Abrí el coche y saqué de la guantera las llaves de repuesto. Y corrí tras ella.

Llegué justo en el momento que Roma iba a cerrar la puerta.

Contuve el aliento mientras Roma me recibía con una sonrisa traviesa y unos ojos que brillaban más que cualquier estrella.

- No hay nadie en casa - confesó aunque yo eso ya lo sabía.

- ¿Quieres que pase? - pregunté con cautela.

- Es tu casa - dijo abriendo un poco más la puerta.

Mi corazón dio un latido desbocado mientras mis pies me guiaban dentro de la casa.

- Aún estás a tiempo de echarme - le recordé.

Roma me retó con la mirada y se encaminó a su habitación.

- ¿Necesitas una invitación para entrar en tu cuarto? - me preguntó con un descaro que había echado en falta.

Tragué saliva y la seguí.

Sus labios volvieron a encontrarse con los míos y me rendí ante ella, me dejé llevar por las ganas y me reencontré con su piel. Mordí su labio inferior hasta conseguir que Roma se deshiciera en suspiros y eso me encendió por dentro. Sentí como sonreía cuando mis manos pedían permiso para quitarle la ropa.

Roma no me pidió que parase.

Yo tampoco quería.

Los dos nos dejamos llevar, sin prisas y disfrutando de cada instante como si fuera el último porque había pasado demasiado tiempo y habíamos perdido demasiado por el camino.

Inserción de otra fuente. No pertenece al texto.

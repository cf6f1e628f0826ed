//! How many pairs of outputs, and of outputs and words, are of one statement.

ghost use Rattle.std.specs.Prelude.{◌≡◌, ◌≤◌, ◌+◌, ◌*◌, ◌==◌, length, map, filter, filter_map};
ghost use Rattle.iolb_check.specs.Claims.{claim_of_term};
ghost use Rattle.iolb_model.specs.declared.limits.TheConstants.{TERMS};
ghost use Rattle.store_bound.specs.Counted.{word_statement};
ghost use Rattle.store_bound.specs.StoresFit.{output_pairs, statements_of, word_pairs, word_statements};
ghost use Rattle.store_terms.specs.declared.limits.TheConstants.{OUTPUTS};

use crate::counted::word_statement;
use iolb_check::Term;
use store_terms::Output;

/// How many outputs are of a statement.
fn outputs_of(statement: u16, outputs: &[Output]) -> usize
    ensures many { result ≡ length (filter (λ other. statement == other) (statements_of outputs.now)) }
    ensures few { result ≤ length outputs.now }
{
    let mut count = 0;
    for output in outputs {
        if statement == output.statement {
            count += 1;
        }
    }
    count
}

/// How many pairs of outputs have one statement.
pub(crate) fn output_pairs(outputs: &[Output]) -> usize
    requires { length outputs.now ≤ OUTPUTS }
    ensures pairs { result ≡ length (output_pairs (statements_of outputs.now)) }
    ensures few { result ≤ OUTPUTS * OUTPUTS }
{
    let mut pairs = 0;
    for (i, output) in outputs.iter().enumerate() {
        let (_before, later) = outputs.split_at(i + 1);
        pairs += outputs_of(output.statement, later);
    }
    pairs
}

/// How many terms have words that a statement computed.
fn words_of(statement: u16, terms: &[Term]) -> usize
    ensures many { result ≡ length (filter (λ other. statement == other) (word_statements (map claim_of_term terms.now))) }
    ensures few { result ≤ length terms.now }
{
    let mut count = 0;
    for term in terms {
        if word_statement(term) == Some(statement) {
            count += 1;
        }
    }
    count
}

/// How many pairs there are of an output and a term whose words its statement computed.
pub(crate) fn word_pairs(outputs: &[Output], terms: &[Term]) -> usize
    requires outputs { length outputs.now ≤ OUTPUTS }
    requires terms { length terms.now ≤ TERMS }
    ensures pairs { result ≡ length (word_pairs (statements_of outputs.now) (word_statements (map claim_of_term terms.now))) }
    ensures few { result ≤ OUTPUTS * TERMS }
{
    let mut pairs = 0;
    for output in outputs {
        pairs += words_of(output.statement, terms);
    }
    pairs
}
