//! What a replay gives.

use iolb_model::game::Move;

/// The moves that play an order, and how many of them load, store and compute.
#[derive(Debug, Drop)]
pub struct Replay {
    pub moves: Vec<Move>,
    pub loads: u64,
    pub stores: u64,
    pub computes: u64,
}
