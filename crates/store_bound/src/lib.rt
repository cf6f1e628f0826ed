//! What a certificate and stores say together of loads and stores: how many of both every complete pebbling makes at least.
//! (The red-blue pebble game of Hong and Kung 1981, without recomputation.)
#![tactic(auto)]

mod counted;
mod evaluation;
mod fault;
mod fit_stores;
pub mod law;
mod output_checks;
mod pair_counts;
mod pairs;
mod pieces;
mod stores_check;
mod transfers;

pub use fault::{Traffic, TrafficFault};
pub use stores_check::check_stores;
pub use transfers::traffic;
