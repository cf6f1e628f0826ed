//! Loads and stores together, and why there is no value of them.

use claims::FailedCondition;

/// How many loads and how many stores are made at least.
#[derive(Clone, Copy, Debug, PartialEq, Eq)]
pub struct Traffic {
    pub loads: u128,
    pub stores: u128,
}

/// Why there is no value of loads and stores.
#[derive(Debug, Drop)]
pub enum TrafficFault {
    /// A condition of the certificate doesn't hold, the first such.
    Refused(FailedCondition),
    /// A condition of the stores doesn't hold, the first such.
    StoresRefused(FailedCondition),
    /// The assumption of this number is the first that is false.
    OutsideAssumption(u16),
    /// A value is beyond 128 bits.
    Wide,
    /// There was no memory for a check.
    Memory,
}
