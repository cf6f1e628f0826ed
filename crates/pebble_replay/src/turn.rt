//! The turn of one instance.

ghost use Rattle.std.specs.Prelude.{ℕ, List, IsTrue, if◌then◌else◌, ◌&&◌, not, nat_lt, ◌≡◌, ◌<◌, ◌∷◌, ◌++◌, [], length, slice_index_or, OnOk};
ghost use Rattle.iolb_model.specs.Game.{final_board, marked, vertices, predecessors_at};
ghost use Rattle.iolb_model.specs.declared.game.Move.TheVariants.{Load, Store, Compute, Drop};
ghost use Rattle.pebble_game.specs.Boards.{IsBoardOf, moved};
ghost use Rattle.pebble_replay.specs.Played.{reads, room_moves, load_moves, store_moves, compute_moves};
ghost use Rattle.pebble_replay.specs.Uses.{AreUses};
ghost use Rattle.pebble_replay.specs.Turns.{current, later, IsBetween, IsHolding, IsInTurn, IsReleasing, IsSameTurn, Gains, load_one, moves_of};

use crate::hand::Hand;
use iolb_model::game::Move;
use pebble_game::{Graph, Memory};
use std::alloc::Global;

/// The turn of the instance at a place of an order: what the player holds, and the moves made so far.
#[derive(Drop)]
pub(crate) struct Turn<'a> {
    pub(crate) alloc: Global,
    pub(crate) graph: &'a Graph,
    pub(crate) order: &'a [u32],
    pub(crate) place: usize,
    pub(crate) hand: Hand,
    pub(crate) moves: Vec<Move>,
}

impl<'a> Turn<'a> {
    /// Makes a move.
    fn make(&mut self, step: Move) -> Result<(), Memory>
        requires fits { IsBoardOf self.old.graph.now self.old.hand.board.board }
        requires there { moved step < vertices self.old.graph.now }
        ensures gains { OnOk result (Gains self.old self.new (step ∷ [])) }
        ensures queue { OnOk result (self.new.hand.queue ≡ self.old.hand.queue) }
    {
        self.moves.push(step)?;
        self.hand.board.make(step);
        Ok(())
    }

    /// Takes the red pebble off a vertex, of which so much is left from its next use on: it is stored first if it has a next use
    /// and no blue pebble.
    fn send_out(&mut self, left: u32, u: u32) -> Result<(), Memory>
        requires fits { IsBoardOf self.old.graph.now self.old.hand.board.board }
        requires there { u < vertices self.old.graph.now }
        ensures gains { OnOk result (Gains self.old self.new (if nat_lt 0 left && not (marked self.old.hand.board.board.blue u) then Store u ∷ Drop u ∷ [] else Drop u ∷ [])) }
        ensures queue { OnOk result (self.new.hand.queue ≡ self.old.hand.queue) }
    {
        if 0 < left && !self.hand.board.is_blue(u) {
            self.make(Move::Store(u))?;
        }
        self.make(Move::Drop(u))
    }

    /// Makes room, where all red pebbles are in use: the first in the queue goes.
    fn make_room(&mut self) -> Result<(), Memory>
        requires { IsInTurn self.old.graph.now (current self.old) (later self.old) self.old.hand }
        ensures gains { OnOk result (Gains self.old self.new (room_moves self.old.graph.now self.old.hand.board.s (later self.old) (current self.old) self.old.hand.board.board)) }
        ensures in_turn { OnOk result (IsInTurn self.old.graph.now (current self.old) (later self.old) self.new.hand) }
    {
        if !self.hand.board.is_full() {
            return Ok(());
        }
        match self.hand.queue.pop_first() {
            Some((left, u)) => self.send_out(left, u),
            None => Ok(()),
        }
    }

    /// Loads a vertex, if it isn't red.
    fn load(&mut self, u: u32) -> Result<(), Memory>
        requires in_turn { IsInTurn self.old.graph.now (current self.old) (later self.old) self.old.hand }
        requires there { u < vertices self.old.graph.now }
        requires read { IsTrue (reads self.old.graph.now u (current self.old)) }
        ensures gains { OnOk result (Gains self.old self.new (load_one self.old.graph.now self.old.hand.board.s (later self.old) (current self.old) self.old.hand.board.board u)) }
        ensures in_turn { OnOk result (IsInTurn self.old.graph.now (current self.old) (later self.old) self.new.hand) }
    {
        if self.hand.board.is_red(u) {
            return Ok(());
        }
        self.make_room()?;
        self.make(Move::Load(u))
    }

    /// Loads those predecessors that aren't red, in order.
    fn load_all(&mut self) -> Result<(), Memory>
        requires in_turn { IsInTurn self.old.graph.now (current self.old) (later self.old) self.old.hand }
        requires place { self.old.place < length self.old.order.now }
        requires there { current self.old < self.old.graph.now.instances }
        ensures gains { OnOk result (Gains self.old self.new (load_moves self.old.graph.now self.old.hand.board.s (later self.old) (current self.old) self.old.hand.board.board (predecessors_at self.old.graph.now (current self.old)))) }
        ensures in_turn { OnOk result (IsInTurn self.old.graph.now (current self.old) (later self.old) self.new.hand) }
    {
        let graph = self.graph;
        let v = self.current();
        for u in graph.preds_of(v) {
            self.load(*u)?;
        }
        Ok(())
    }

    /// The instance whose turn it is.
    fn current(&self) -> u32
        requires { self.now.place < length self.now.order.now }
        ensures { result ≡ current self.now }
    {
        self.order[self.place]
    }

    /// Computes the instance, and stores it if it is a last writer.
    fn compute(&mut self) -> Result<(), Memory>
        requires in_turn { IsInTurn self.old.graph.now (current self.old) (later self.old) self.old.hand }
        requires place { self.old.place < length self.old.order.now }
        requires there { current self.old < self.old.graph.now.instances }
        ensures gains { OnOk result (Gains self.old self.new (compute_moves self.old.graph.now self.old.hand.board.s (later self.old) (current self.old) self.old.hand.board.board)) }
        ensures releasing { OnOk result (IsReleasing self.old.graph.now (later self.old) (current self.old ∷ predecessors_at self.old.graph.now (current self.old)) self.new.hand) }
    {
        self.make_room()?;
        self.compute_only()
    }

    /// Computes the instance where there is room, and stores it if it is a last writer.
    fn compute_only(&mut self) -> Result<(), Memory>
        requires in_turn { IsInTurn self.old.graph.now (current self.old) (later self.old) self.old.hand }
        requires place { self.old.place < length self.old.order.now }
        requires there { current self.old < self.old.graph.now.instances }
        ensures gains { OnOk result (Gains self.old self.new (Compute (current self.old) ∷ store_moves self.old.graph.now (current self.old))) }
        ensures queue { OnOk result (self.new.hand.queue ≡ self.old.hand.queue) }
    {
        let v = self.current();
        self.make(Move::Compute(v))?;
        if self.graph.is_last(v) {
            self.make(Move::Store(v))?;
        }
        Ok(())
    }

    /// Takes a predecessor from those that wait, and its use off.
    fn hold_one(&mut self, u: u32)
        requires { u < length self.old.hand.uses }
        ensures held { (left : List ℕ) → IsHolding self.old.graph.now (current self.old) (later self.old) (u ∷ left) self.old.hand → IsHolding self.old.graph.now (current self.old) (later self.old) left self.new.hand }
        ensures same { IsSameTurn self.old self.new }
    {
        self.hand.queue.remove(self.hand.uses.next(u), u);
        self.hand.uses.pop(u);
    }

    /// Takes the predecessors of the instance from those that wait, and its uses off.
    fn hold(&mut self)
        requires between { IsBetween self.old.graph.now (current self.old ∷ later self.old) self.old.hand }
        requires place { self.old.place < length self.old.order.now }
        requires there { current self.old < self.old.graph.now.instances }
        ensures held { IsInTurn self.old.graph.now (current self.old) (later self.old) self.new.hand }
        ensures same { IsSameTurn self.old self.new }
    {
        let graph = self.graph;
        let v = self.current();
        for u in graph.preds_of(v) {
            self.hold_one(*u);
        }
    }

    /// Puts a vertex among those that wait, if it is red.
    fn release_one(&mut self, u: u32) -> Result<(), Memory>
        requires fits { IsBoardOf self.old.graph.now self.old.hand.board.board }
        requires uses { AreUses self.old.graph.now (later self.old) self.old.hand.uses }
        requires there { u < vertices self.old.graph.now }
        ensures released { (left : List ℕ) → IsReleasing self.old.graph.now (later self.old) (u ∷ left) self.old.hand → OnOk result (IsReleasing self.old.graph.now (later self.old) left self.new.hand) }
        ensures same { OnOk result (IsSameTurn self.old self.new) }
        ensures same_uses { OnOk result (self.new.hand.uses ≡ self.old.hand.uses) }
    {
        if self.hand.board.is_red(u) {
            let left = self.hand.uses.next(u);
            self.hand.queue.insert(self.alloc, left, u)?;
        }
        Ok(())
    }

    /// Puts the instance and its predecessors among those that wait, if they are red.
    fn release(&mut self) -> Result<(), Memory>
        requires releasing { IsReleasing self.old.graph.now (later self.old) (current self.old ∷ predecessors_at self.old.graph.now (current self.old)) self.old.hand }
        requires place { self.old.place < length self.old.order.now }
        requires there { current self.old < self.old.graph.now.instances }
        ensures released { OnOk result (IsBetween self.old.graph.now (later self.old) self.new.hand) }
        ensures same { OnOk result (IsSameTurn self.old self.new) }
    {
        let graph = self.graph;
        let v = self.current();
        self.release_one(v)?;
        for u in graph.preds_of(v) {
            self.release_one(*u)?;
        }
        Ok(())
    }

    /// Makes all the moves of the turn.
    pub(crate) fn finish(&mut self) -> Result<(), Memory>
        requires between { IsBetween self.old.graph.now (current self.old ∷ later self.old) self.old.hand }
        requires place { self.old.place < length self.old.order.now }
        requires there { current self.old < self.old.graph.now.instances }
        ensures between { OnOk result (IsBetween self.old.graph.now (later self.old) self.new.hand) }
        ensures moves { OnOk result (self.new.moves.items ≡ self.old.moves.items ++ moves_of self.old) }
        ensures board { OnOk result (self.new.hand.board ≡ record self.old.hand.board { board = final_board self.old.hand.board.board (moves_of self.old) }) }
    {
        self.hold();
        self.load_all()?;
        self.compute()?;
        self.release()
    }
}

Eché un vistazo a la cama y pensé en las innumerables noches que había pasado en vela, mirando al techo y soñando con una única posibilidad: la de tener a Roma allí, a mi lado, amándola y cumpliendo con las promesas que nunca pude llevar a cabo. Como si Roma me hubiera leído la mente se tumbó en ella.

Y el mundo se paró.

Juntos éramos magia y aquella noche lo volvimos a certificar.

- Mírame - me pidió cuando estábamos a punto.

Y eso hice. Entonces entendí que nunca tuvimos un momento más perfecto. Llevaba años pensando que nuestra primera vez había sido especial por ser la primera, porque tuvimos al mar como testigo o porque solo éramos dos críos inconscientes. Pero lo cierto era que fue perfecto porque había sido con ella. Y que así sería cada vez que pudiera escuchar mi nombre entre sus jadeos.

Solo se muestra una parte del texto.